In the area of public services, he said that the project will assist in improving the quality delivery of public services and “reduce the cost of access to social services including education, health care and public safety.”

Importantly, he stressed, the implementation of the project will help to support government’s efforts towards the establishment of a green environment where e transactions will be introduced to “pave the way for a paperless environment.”

Jordan also made mention of the failed fibre optic cable project undertaken by the last administration to bring cheaper internet to Guyana but which “as we all know by now that project failed miserably, in the process costing taxpayers and leaving a mountain of debt that has to be repaid.”

The minister stressed that the signing is a “testimony” to government’s commitment to make a reality of “what others bungled.”

Safe city coming

Meanwhile, Public Telecommunications Minister Catherine Hughes emphasised that the safe city component, which is set to become an important crime-fighting tool, is among the priorities under the project.
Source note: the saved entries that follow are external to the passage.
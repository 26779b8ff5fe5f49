//! How wide the cases of obligations are.

ghost use Rattle.std.specs.Prelude.{◌≡◌, ◌<◌, length, Some, slice_get};
ghost use Rattle.ir_ast.specs.ProgramView.{view_module};
ghost use Rattle.ir_layout.specs.Layouts.{LayoutView, IsLayoutOf};
ghost use Rattle.spec_tree.specs.Plain as plain;
ghost use Rattle.spec_tree.specs.Sorted.{IsWellSorted};
ghost use Rattle.spec_tree.specs.View.{view_spec};
ghost use Rattle.hk_case.specs.declared.Obligation.{Obligation as AnyObligation};
ghost use Rattle.hk_cert.specs.Reading.{is_wide};
ghost use Rattle.hk_cert_read.specs.Widths.{wide_for};

use hk_case::Obligation;
use hk_exhaust::case_bits;
use ir_kernel::Kernel;
use spec_tree::Spec;

/// The most bits of a case that is tried with all others.
const MOST_BITS: u64 = 16;

/// Whether the cases of a handler's obligations are too wide to be tried.
#[derive(Clone, Copy)]
pub struct Wide {
    /// Those of properties.
    pub properties: bool,
    /// Those of all others.
    pub others: bool,
}

/// Whether the cases of an obligation are too wide to be tried.
pub fn wide_at(wide: Wide, obligation: Obligation) -> bool
    ensures { result ≡ wide_for wide obligation }
{
    match obligation {
        Obligation::Property(_) => wide.properties,
        Obligation::Undefined => wide.others,
        Obligation::Invariant(_) => wide.others,
        Obligation::State(_) => wide.others,
        Obligation::ResultValue => wide.others,
    }
}

/// Whether the cases of an obligation are too wide to be tried.
fn is_wide(kernel: &Kernel, spec: &Spec, h: u32, obligation: Obligation) -> bool
    requires spec { IsWellSorted (view_spec spec.now) }
    requires there { h < length spec.now.transitions }
    ensures { (l : LayoutView) (t : plain.Transition) → IsLayoutOf (view_module kernel.now) l → slice_get (view_spec spec.now).transitions h ≡ Some t →
        result ≡ is_wide l.objects (view_spec spec.now) t obligation }
{
    case_bits(kernel, spec, h, obligation) > MOST_BITS
}

/// Whether the cases of a handler's obligations are too wide to be tried.
pub fn wide_of(kernel: &Kernel, spec: &Spec, h: u32) -> Wide
    requires spec { IsWellSorted (view_spec spec.now) }
    requires there { h < length spec.now.transitions }
    ensures { (l : LayoutView) (t : plain.Transition) → IsLayoutOf (view_module kernel.now) l → slice_get (view_spec spec.now).transitions h ≡ Some t →
        (o : AnyObligation) → wide_for result o ≡ is_wide l.objects (view_spec spec.now) t o }
{
    Wide {
        properties: is_wide(kernel, spec, h, Obligation::Property(0)),
        others: is_wide(kernel, spec, h, Obligation::Undefined),
    }
}
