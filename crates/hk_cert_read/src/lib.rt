//! Certificates, read whole.
//!
//! In come a text, a kernel and its specification; out goes the certificate that the text spells, an entry for each handler, or the first
//! line that fails with its least reason. What each line says and how the lines follow each other is the layer's below; here stand the
//! readers of logs, proofs, states and handlers, and of the whole.
#![tactic(auto)]

mod blocks;
mod certificate;
mod handlers;
mod logs;
mod proving;
mod whole;
mod widths;

pub use certificate::Certificate;
pub use whole::read_certificate;
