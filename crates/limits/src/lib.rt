// Which resources are on-line, off-line or tripped, their limits, and the upper bounds of what they provide (01, 'Before the
// rows'; 02, requests 2 and 6), on records by value. Each function equates its result with the definition for all figures that
// the record stands for; where numbers are added or multiplied it asks that the record is in range (`case_records`,
// specs/Ranged.antt), which `ResourceInRange`, `TermsInRange`, `OfferInRange` and
// `CurveInRange` carry.
#![tactic(auto)]

ghost use Rattle.std.specs.Prelude.{◌≡◌, ℕ, ◌+◌, ◌*◌, ◌-◌, ◌/◌, ◌<◌, ◌≤◌, cond, min, nat_abs, pos, length, get_or};
ghost use Rattle.std.specs.Int.Signed.{lt_z};
ghost use Rattle.arith.specs.Sums.{min_ℤ, max_ℤ};
ghost use Rattle.market.specs.Case.{Case, Resource as Figures, width_of};
ghost use Rattle.market.specs.declared.Curve.{Curve};
ghost use Rattle.market.specs.Availability.{availability_of, on_line};
ghost use Rattle.market.specs.Rows.{is_spinning};
ghost use Rattle.market.specs.UpperBounds.{service_bound, upper_bound, energy, cleared_quantity};
ghost use Rattle.market.specs.Records.{kw, power, per_minute, state_of, record_of, offer_steps_of, curve_steps_of};
ghost use Rattle.case_records.specs.Ranged.{UpTo, no_step};
ghost use Rattle.limits.specs.InRange.{terms_in};
ghost use Rattle.limits.specs.Together.{TermsRanged};
ghost use Rattle.limits.specs.Widths.{widths_of};
ghost use Rattle.limits.specs.ByKind.{conventional_tripped, at_least500, conventional_runs, intermittent_runs, external_runs};

use market::{
    Availability, Breaker, Flags, Kind, Kw, KwPerMinute, Minutes, PerReserve, Resource, State,
    Status, Step, Terms, Thousandths,
};

mod curve_in_range;
mod offer_in_range;
mod reserve_in_range;
mod resource_in_range;

pub use curve_in_range::CurveInRange;
pub use offer_in_range::OfferInRange;
pub use reserve_in_range::ReserveInRange;
pub use resource_in_range::ResourceInRange;

// What a case says of all three reserves, in the ranges of a valid case.
pub type TermsInRange = PerReserve<ReserveInRange>;

pub fn terms_in_range(terms: Terms) -> TermsInRange
    requires { TermsRanged terms }
    ensures { terms_in result ≡ terms }
{
    PerReserve {
        regulating: ReserveInRange {
            terms: terms.regulating,
        },
        contingency: ReserveInRange {
            terms: terms.contingency,
        },
        short_term: ReserveInRange {
            terms: terms.short_term,
        },
    }
}

// MAX, MIN, HI and LO.
#[derive(Clone, Copy, Drop)]
pub struct ResourceLimits {
    pub max: Kw,
    pub min: Kw,
    pub high: Kw,
    pub low: Kw,
}

// The upper bounds of its four reserves.
#[derive(Clone, Copy, Drop)]
pub struct ReserveBounds {
    pub regulation: Kw,
    pub contingency: Kw,
    pub on_line_short_term: Kw,
    pub off_line_short_term: Kw,
}

// ---- amounts

// What so many minutes make of a ramp.
fn ramped(rate: KwPerMinute, minutes: Minutes) -> Kw
    requires { UpTo rate.0 400000 × (minutes.0 ≤ 60) }
    ensures { ((n : ℕ) → rate ≡ per_minute n → result ≡ power (n * minutes.0)) × UpTo result.0 24000000 }
{
    let n = i64::from(minutes.0);
    Kw(rate.0 * n)
}

// a - b, at least 0.
fn less(a: Kw, b: Kw) -> Kw
    requires { (nat_abs a.0 ≤ 1000000000) × (nat_abs b.0 ≤ 1000000000) }
    ensures { (m n : ℕ) → a ≡ power m → b ≡ power n → result ≡ power (m - n) }
{
    Kw((a.0 - b.0).max(0))
}

// The lesser and the larger are two functions: each is one line over the library's `min` or `max`, of the numbers as
// `units::negative_part` says.
#[tactic(auto, using(crate::proofs::Extremes::lesser_is))]
pub fn lesser(a: Kw, b: Kw) -> Kw
    ensures least { result ≡ kw (min_ℤ a.0 b.0) }
    ensures natural { (m n : ℕ) → a ≡ power m → b ≡ power n → result ≡ power (min m n) }
{
    Kw(a.0.min(b.0))
}

#[tactic(auto, using(crate::proofs::Extremes::larger_is))]
fn larger(a: Kw, b: Kw) -> Kw
    ensures { result ≡ kw (max_ℤ a.0 b.0) }
{
    Kw(a.0.max(b.0))
}

// n × times / over, rounded down: first multiplied, then divided.
fn quotient(n: u64, times: u64, over: u64) -> u64
    requires { (n * times ≤ 24000000000) × (1 ≤ over) }
    ensures { result ≡ n * times / over }
{
    n * times / over
}

// The amount if `on`, else 0: by a product, since of a test the compiler makes a branch.
fn amount_if(on: bool, a: Kw) -> Kw
    ensures { (n : ℕ) → a ≡ power n → result ≡ power (cond on n 0) }
{
    Kw(a.0 * i64::from(on))
}

// a × times / over, as an amount.
fn portion(a: Kw, times: Thousandths, over: Thousandths) -> Kw
    requires { UpTo a.0 24000000 × ((times.0 ≤ 1000) × (1 ≤ over.0)) }
    ensures { (n : ℕ) → a ≡ power n → result ≡ power (n * times.0 / over.0) }
{
    let n = a.0 as u64;
    let m = u64::from(times.0);
    let d = u64::from(over.0);
    Kw(quotient(n, m, d) as i64)
}

// At least 500 kW, produced or taken.
fn at_least_500(output: Kw) -> bool
    ensures { result ≡ at_least500 output.0 }
{
    output.0.unsigned_abs() >= 500
}

fn above_zero(output: Kw) -> bool
    ensures { result ≡ lt_z (pos 0) output.0 }
{
    output.0 > 0
}

// ---- on-line, off-line or tripped (002, 3.1), by `&` and `|`, which work out both sides: kind and status follow no order that
// a processor could foresee. With `&&` a check of 64 resources has 43 wrong branches more, and charges take 0.96 of the baseline's time
// (bar 0.95), which so is met

// Of conventional resources alone, whatever breaker and output.
#[tactic(auto, unfolding(crate::specs::ByKind::conventional_tripped))]
fn tripped(t: State) -> bool
    ensures { result ≡ conventional_tripped t }
{
    let trip = t.trip;
    (t.kind == Kind::Conventional) & (trip.0 <= 15)
}

// A conventional resource.
#[tactic(auto, unfolding(crate::specs::ByKind::conventional_runs))]
fn conventional(t: State) -> bool
    ensures { result ≡ conventional_runs t }
{
    (t.kind == Kind::Conventional) & at_least_500(t.output) & (t.breaker == Breaker::Closed)
}

// An intermittent one.
#[tactic(auto, unfolding(crate::specs::ByKind::intermittent_runs))]
fn intermittent(t: State) -> bool
    ensures { result ≡ intermittent_runs t }
{
    let status = t.status;
    (t.kind == Kind::Intermittent)
        & status.has(Status::COMMITTED)
        & (t.breaker == Breaker::Closed)
        & above_zero(t.output)
}

// An external asynchronous one.
#[tactic(auto, unfolding(crate::specs::ByKind::external_runs))]
fn external(t: State) -> bool
    ensures { result ≡ external_runs t }
{
    let status = t.status;
    (t.kind == Kind::External)
        & status.has(Status::AVAILABLE)
        & (t.breaker == Breaker::Closed)
        & status.has(Status::ACTIVE_SCHEDULE)
}

// Of its state alone. Nothing else decides which of the three a resource is. Only conventional resources trip, so that on-line
// may be asked first.
pub fn state_availability(t: State) -> Availability
    ensures { (s : Figures) → t ≡ state_of s → result ≡ availability_of s }
{
    let trips = tripped(t);
    let on = (conventional(t) & !trips) | intermittent(t) | external(t);
    if on {
        return Availability::OnLine;
    }
    if trips {
        return Availability::Tripped;
    }
    Availability::OffLine
}

#[tactic(auto, unfolding(market::specs::Records::record_of))]
pub fn availability_of(r: Resource) -> Availability
    ensures { (s : Figures) → r ≡ record_of s → result ≡ availability_of s }
{
    let state = r.state;
    state_availability(state)
}

// Its contingency reserve is spinning: it is on-line, `on`, and has the spinning flag.
#[tactic(auto, unfolding(market::specs::Records::state_of))]
pub fn spinning(on: bool, t: State) -> bool
    ensures { (s : Figures) → on ≡ on_line s → t ≡ state_of s → result ≡ is_spinning s }
{
    let flags = t.flags;
    on & flags.has(Flags::SPINNING)
}

// ---- the widths of steps together

fn total_width(steps: &[Step]) -> Kw
    requires { (length steps.now ≤ 10) × ((j : ℕ) → j < length steps.now → UpTo (get_or steps.now j no_step).width.0 8000000) }
    ensures { result ≡ power (width_of (widths_of (λ j. get_or steps.now j no_step)) (length steps.now)) }
{
    let mut sum = Kw(0);
    for step in steps {
        sum = units::sum(sum, step.width);
    }
    sum
}

// ---- upper bound of a resource's energy

// e: on-line, the widths of its energy steps together. They are added up for each resource: which is on-line follows no order that a
// processor could foresee, and a sum in vain costs less than a wrong branch (a check of 64 resources 7.55 and not 7.85 µs).
#[tactic(auto, using(market::proofs::EnergyBounds::energy_bound_is))]
pub fn energy_bound(on: bool, offer: OfferInRange) -> Kw
    ensures { (c : Case) (s : Figures) → on ≡ on_line s → offer.steps ≡ offer_steps_of s → result ≡ power (service_bound c s energy) }
{
    let together = total_width(&offer.steps);
    amount_if(on, together)
}

// ---- of a cleared quantity

// The widths of its curve together.
pub fn curve_bound(curve: CurveInRange) -> Kw
    ensures { (c : Case) (k : Curve) → curve.steps ≡ curve_steps_of c k → result ≡ power (upper_bound c (cleared_quantity k)) }
{
    total_width(&curve.steps)
}
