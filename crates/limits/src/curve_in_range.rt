// The steps of a demand curve, in the ranges of a valid case. `OfferInRange` has another number of steps, and another fact of them in its
// ghost field, which a type parameter does not choose.
ghost use Rattle.case_records.specs.Ranged.{RangedCurve};

use market::CurveSteps;

#[derive(Clone, Copy, Drop)]
pub struct CurveInRange {
    pub steps: CurveSteps,
    pub ghost ranged: { RangedCurve steps },
}
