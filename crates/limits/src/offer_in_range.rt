// The energy steps of a resource, in the ranges of a valid case.
ghost use Rattle.case_records.specs.Ranged.{RangedSteps};

use market::OfferSteps;

#[derive(Clone, Copy, Drop)]
pub struct OfferInRange {
    pub steps: OfferSteps,
    pub ghost ranged: { RangedSteps steps },
}
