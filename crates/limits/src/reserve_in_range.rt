// What a case says of one reserve, in the ranges of a valid case.
ghost use Rattle.std.specs.Prelude.{◌≡◌};
ghost use Rattle.market.specs.Case.{Case};
ghost use Rattle.market.specs.declared.Reserve.{Reserve};
ghost use Rattle.market.specs.UpperBounds.{share_of};
ghost use Rattle.market.specs.Records.{power, reserve_terms_of};
ghost use Rattle.case_records.specs.Ranged.{RangedTerms};

use crate::portion;
use market::{Kw, ReserveTerms, Thousandths};

#[derive(Clone, Copy, Drop)]
pub struct ReserveInRange {
    pub terms: ReserveTerms,
    pub ghost ranged: { RangedTerms terms },
}

impl ReserveInRange {
    // SHARE
    #[tactic(auto, using(crate::proofs::Factors::factors), unfolding(market::specs::UpperBounds::share_of, market::specs::Records::reserve_terms_of))]
    pub(crate) fn share(self) -> Kw
        ensures { (c : Case) (p : Reserve) → self.terms ≡ reserve_terms_of c p → result ≡ power (share_of c p) }
    {
        portion(self.terms.requirement, self.terms.share, Thousandths::ONE)
    }
}
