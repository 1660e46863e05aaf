// A resource's record in the ranges of a valid case, and what is worked out of it: its limits, and the upper bounds of its
// reserves.
ghost use Rattle.std.specs.Prelude.{◌≡◌, cond, ◌||◌, ℕ, min};
ghost use Rattle.market.specs.Bits.{has, regulating_flag, spinning_flag, on_line_supplemental};
ghost use Rattle.market.specs.Case.{Case, Resource as Figures};
ghost use Rattle.market.specs.declared.Reserve.{Reserve};
ghost use Rattle.market.specs.Availability.{availability_of, on_line};
ghost use Rattle.market.specs.declared.Availability.TheVariants.{OnLine, OffLine};
ghost use Rattle.market.specs.Limits.{max_of, min_of, hi_of, lo_of, ramp_floor};
ghost use Rattle.market.specs.UpperBounds.{ramp_of, on_line_bound};
ghost use Rattle.market.specs.Records.{kw, power, record_of, reserve_terms_of, terms_of};
ghost use Rattle.case_records.specs.Ranged.{Ranged};

use crate::{
    ReserveBounds, ReserveInRange, ResourceLimits, TermsInRange, larger, less, lesser, portion,
    ramped,
};
use market::{Availability, Flags, Kw, Minutes, Resource, State, Status, Thousandths};

#[derive(Clone, Copy, Drop)]
pub struct ResourceInRange {
    pub resource: Resource,
    pub ghost ranged: { Ranged resource },
}

// ---- limits: whether the resource is on-line, `on`, is decided once for all of them

fn regulates(flags: Flags) -> bool
    ensures { result ≡ regulating_flag flags.0 }
{
    flags.has(Flags::REGULATING)
}

// The emergency limit if its flag, `releases`, is set, else the regulating one if the resource regulates, else the economic.
fn in_force(flags: Flags, releases: Flags, emergency: Kw, regulating: Kw, economic: Kw) -> Kw
    ensures { result ≡ cond (has releases.0 flags.0) emergency (cond (regulating_flag flags.0) regulating economic) }
{
    if flags.has(releases) {
        return emergency;
    }
    if regulates(flags) {
        return regulating;
    }
    economic
}

// MAX. What it has in common with MIN is `in_force`; the flag, the figures and what holds off-line differ.
#[tactic(auto, unfolding(market::specs::Limits::max_of, market::specs::Records::record_of, market::specs::Records::output_limits_of, market::specs::Records::state_of))]
fn max_limit(on: bool, r: Resource) -> Kw
    ensures { (s : Figures) → on ≡ on_line s → r ≡ record_of s → result ≡ power (max_of s) }
{
    let limits = r.limits;
    if !on {
        return limits.economic_max;
    }
    in_force(
        r.state.flags,
        Flags::EMERGENCY_MAXIMUM,
        limits.emergency_max,
        limits.regulating_max,
        limits.economic_max,
    )
}

// MIN
#[tactic(auto, unfolding(market::specs::Limits::min_of, market::specs::Records::record_of, market::specs::Records::output_limits_of, market::specs::Records::state_of))]
fn min_limit(on: bool, r: Resource) -> Kw
    ensures { (s : Figures) → on ≡ on_line s → r ≡ record_of s → result ≡ kw (min_of s) }
{
    if !on {
        return Kw(0);
    }
    let limits = r.limits;
    in_force(
        r.state.flags,
        Flags::EMERGENCY_MINIMUM,
        limits.emergency_min,
        limits.regulating_min,
        limits.economic_min,
    )
}

// Spinning, or on-line supplemental.
fn carries_contingency(t: State) -> bool
    ensures { result ≡ (spinning_flag t.flags.0 || on_line_supplemental t.status.0) }
{
    let flags = t.flags;
    if flags.has(Flags::SPINNING) {
        return true;
    }
    let status = t.status;
    status.has(Status::ON_LINE_SUPPLEMENTAL)
}

// Of a reserve off-line: if the flag for it is set, `flagged`, the response, at most the economic maximum.
#[tactic(auto, unfolding(market::specs::Records::record_of, market::specs::Records::output_limits_of))]
fn off_line_bound(flagged: bool, r: Resource, response: Kw) -> Kw
    ensures { (s : Figures) (n : ℕ) → r ≡ record_of s → response ≡ power n → result ≡ power (cond flagged (min s.economic_max n) 0) }
{
    if !flagged {
        return Kw(0);
    }
    lesser(r.limits.economic_max, response)
}

impl ResourceInRange {
    ghost use Rattle.limits.specs.Together.{limits_of, reserve_bounds_when, reserve_bounds_of};
    ghost use Rattle.limits.specs.InRange.{terms_in};

    // HI
    #[tactic(auto, unfolding(market::specs::Limits::hi_of, market::specs::Records::record_of, market::specs::Records::output_limits_of))]
    fn high_limit(self, on: bool) -> Kw
        ensures { (s : Figures) → on ≡ on_line s → self.resource ≡ record_of s → result ≡ kw (hi_of s) }
    {
        if !on {
            return self.resource.limits.economic_max;
        }
        let climb = ramped(self.resource.ramps.up, Minutes(5));
        units::sum(self.resource.other_powers.initial, climb)
    }

    // What five minutes of ramp leave of the initial energy.
    fn ramp_floor(self) -> Kw
        ensures { (s : Figures) → self.resource ≡ record_of s → result ≡ kw (ramp_floor s) }
    {
        let fall = ramped(self.resource.ramps.down, Minutes(5));
        less(self.resource.other_powers.initial, fall)
    }

    // LO, of its MAX, `most`, and its HI, `high`: a self-schedule above either of them yields (02, request 6).
    #[tactic(auto, unfolding(market::specs::Limits::lo_of, market::specs::Records::record_of, market::specs::Records::other_powers_of, market::specs::Records::state_of))]
    fn low_limit(self, on: bool, most: Kw, high: Kw) -> Kw
        ensures { (s : Figures) → on ≡ on_line s → most ≡ power (max_of s) → high ≡ kw (hi_of s) → self.resource ≡ record_of s → result ≡ kw (lo_of s) }
    {
        if !on {
            return Kw(0);
        }
        let floor = self.ramp_floor();
        let flags = self.resource.state.flags;
        if !flags.has(Flags::SELF_SCHEDULED) {
            return floor;
        }
        let in_reach = lesser(high, lesser(most, self.resource.other_powers.self_schedule));
        larger(floor, in_reach)
    }

    #[tactic(auto, unfolding(crate::specs::Together::limits_of))]
    pub fn limits(self, on: bool) -> ResourceLimits
        ensures { (s : Figures) → on ≡ on_line s → self.resource ≡ record_of s → result ≡ limits_of s }
    {
        let most = max_limit(on, self.resource);
        let high = self.high_limit(on);
        ResourceLimits {
            max: most,
            min: min_limit(on, self.resource),
            high: high,
            low: self.low_limit(on, most, high),
        }
    }

    // ---- of a reserve on-line

    // RAMP
    #[tactic(auto, unfolding(market::specs::UpperBounds::ramp_of, market::specs::Records::reserve_terms_of, market::specs::Records::record_of, market::specs::Records::ramps_of))]
    fn ramp_bound(self, reserve: ReserveInRange) -> Kw
        ensures { (c : Case) (p : Reserve) (s : Figures) → reserve.terms ≡ reserve_terms_of c p → self.resource ≡ record_of s → result ≡ power (ramp_of c p s) }
    {
        let climb = ramped(self.resource.ramps.rate, reserve.terms.minutes);
        portion(climb, Thousandths::ONE, reserve.terms.multiplier)
    }

    // If the resource carries it, `carries`, the least of RAMP, SHARE and MAX, which is `most`.
    #[tactic(auto, unfolding(market::specs::UpperBounds::on_line_bound))]
    fn on_line_bound(self, carries: bool, most: Kw, reserve: ReserveInRange) -> Kw
        ensures { (c : Case) (p : Reserve) (s : Figures) → most ≡ power (max_of s) → reserve.terms ≡ reserve_terms_of c p → self.resource ≡ record_of s → result ≡ power (cond carries (on_line_bound c p s) 0) }
    {
        if !carries {
            return Kw(0);
        }
        let ramp = self.ramp_bound(reserve);
        let share = reserve.share();
        lesser(ramp, lesser(share, most))
    }

    // ---- of its four reserves, on-line and off-line: each figure has a rule of its own in either

    #[tactic(auto, unfolding(crate::specs::Together::reserve_bounds_when, market::specs::UpperBounds::bound_when, market::specs::Records::terms_of, market::specs::Records::record_of, market::specs::Records::state_of))]
    fn on_line_bounds(self, most: Kw, terms: TermsInRange) -> ReserveBounds
        ensures { (c : Case) (s : Figures) → most ≡ power (max_of s) → terms_in terms ≡ terms_of c → self.resource ≡ record_of s → result ≡ reserve_bounds_when OnLine c s }
    {
        let state = self.resource.state;
        let regulates = regulates(state.flags);
        let contingency = carries_contingency(state);
        let short_term = state.flags.has(Flags::ON_LINE_SHORT_TERM);
        ReserveBounds {
            regulation: self.on_line_bound(regulates, most, terms.regulating),
            contingency: self.on_line_bound(contingency, most, terms.contingency),
            on_line_short_term: self.on_line_bound(short_term, most, terms.short_term),
            off_line_short_term: Kw(0),
        }
    }

    #[tactic(auto, unfolding(crate::specs::Together::reserve_bounds_when, market::specs::UpperBounds::bound_when, market::specs::Records::terms_of, market::specs::Records::record_of, market::specs::Records::state_of, market::specs::Records::other_powers_of))]
    fn off_line_bounds(self, terms: TermsInRange) -> ReserveBounds
        ensures { (c : Case) (s : Figures) → terms_in terms ≡ terms_of c → self.resource ≡ record_of s → result ≡ reserve_bounds_when OffLine c s }
    {
        let flags = self.resource.state.flags;
        let powers = self.resource.other_powers;
        let supplemental = lesser(powers.off_line_response, terms.contingency.share());
        let has_supplemental = flags.has(Flags::OFF_LINE_SUPPLEMENTAL);
        let has_short_term = flags.has(Flags::OFF_LINE_SHORT_TERM);
        ReserveBounds {
            regulation: Kw(0),
            contingency: off_line_bound(has_supplemental, self.resource, supplemental),
            on_line_short_term: Kw(0),
            off_line_short_term: off_line_bound(
                has_short_term,
                self.resource,
                powers.off_line_short_term,
            ),
        }
    }

    // By the three cases. Tripped, it provides nothing.
    pub fn reserve_bounds(
        self,
        most: Kw,
        terms: TermsInRange,
        availability: Availability,
    ) -> ReserveBounds
        ensures { (c : Case) (s : Figures) → most ≡ power (max_of s) → terms_in terms ≡ terms_of c → availability ≡ availability_of s → self.resource ≡ record_of s → result ≡ reserve_bounds_of c s }
    {
        match availability {
            Availability::OnLine => self.on_line_bounds(most, terms),
            Availability::OffLine => self.off_line_bounds(terms),
            Availability::Tripped => ReserveBounds {
                regulation: Kw(0),
                contingency: Kw(0),
                on_line_short_term: Kw(0),
                off_line_short_term: Kw(0),
            },
        }
    }
}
“It means that our police force will have the means—we are talking about digital licence plates, we are talking about police cars that will be internet ready and have internet access to improve the timeliness of police response,” she explained, before adding that every police station will be connected via the internet, making communication and the transference of documents easier.

If a rank is on the road, she said, driver’s licence information, for instance, would be at hand reach and through a command centre, response time to crimes will be shortened.

According to the minister, a lot of “base” work has already been done, particularly regarding what needs to be purchased for the creation of the smart classrooms in the education component.” She explained that the concept of the smart classroom is that equipment will be put into specific training institutions and high schools that would allow a teacher or trainer to connect with any school anywhere.

“This technology and the opportunity to implement it, is what we call the start of eliminating the digital divide which simply meant that if you were in locations usually hinterland, poor or remote communities in Guyana you were severely disadvantaged and I am happy that we are well on our way to correcting that,” she said.

In terms of health, she said that the project would allow for all health centres and regional hospitals to be connected via the internet as well as for the creation of a space in those facilities to facilitate telemedicine.

“This project is a game changer. This project could truly start the transformation of Guyana,” she said before reminding the naysayers that Guyana has a generation of young people who are already using the technology.

Hughes informed that the project also caters for the training of persons, including the police. Currently, she explained that the ministry through its Industry and Innovation Unit has trained over 600 individuals from Essequibo, Linden and Bartica since the start of the year in the areas of website design, using the computer, coding and STEM (Science, Technology, Engineering and Mathematics).  She stressed that the project has a very important training component because the government recognises that “we can’t put the technology in place and not train individuals to use.”

At this point, she said the school component will be implemented in a regional way. The technical institutes, the National School of Agriculture, which already had internet access will have the opportunity to have a smart classroom.

Ambassador Cui, in brief remarks, said that this is a clear sign of transparent business in Guyana and indicates that his government is committed to helping Guyana and its people.

The Ambassador said that China believes that the ICT industry plays a very important role in a country’s development strategy.

“…If we don’t start today maybe three or five years later, we would have to bear the serious consequences,” he said, before adding that the project presents a good opportunity for Guyana to set a solid foundation.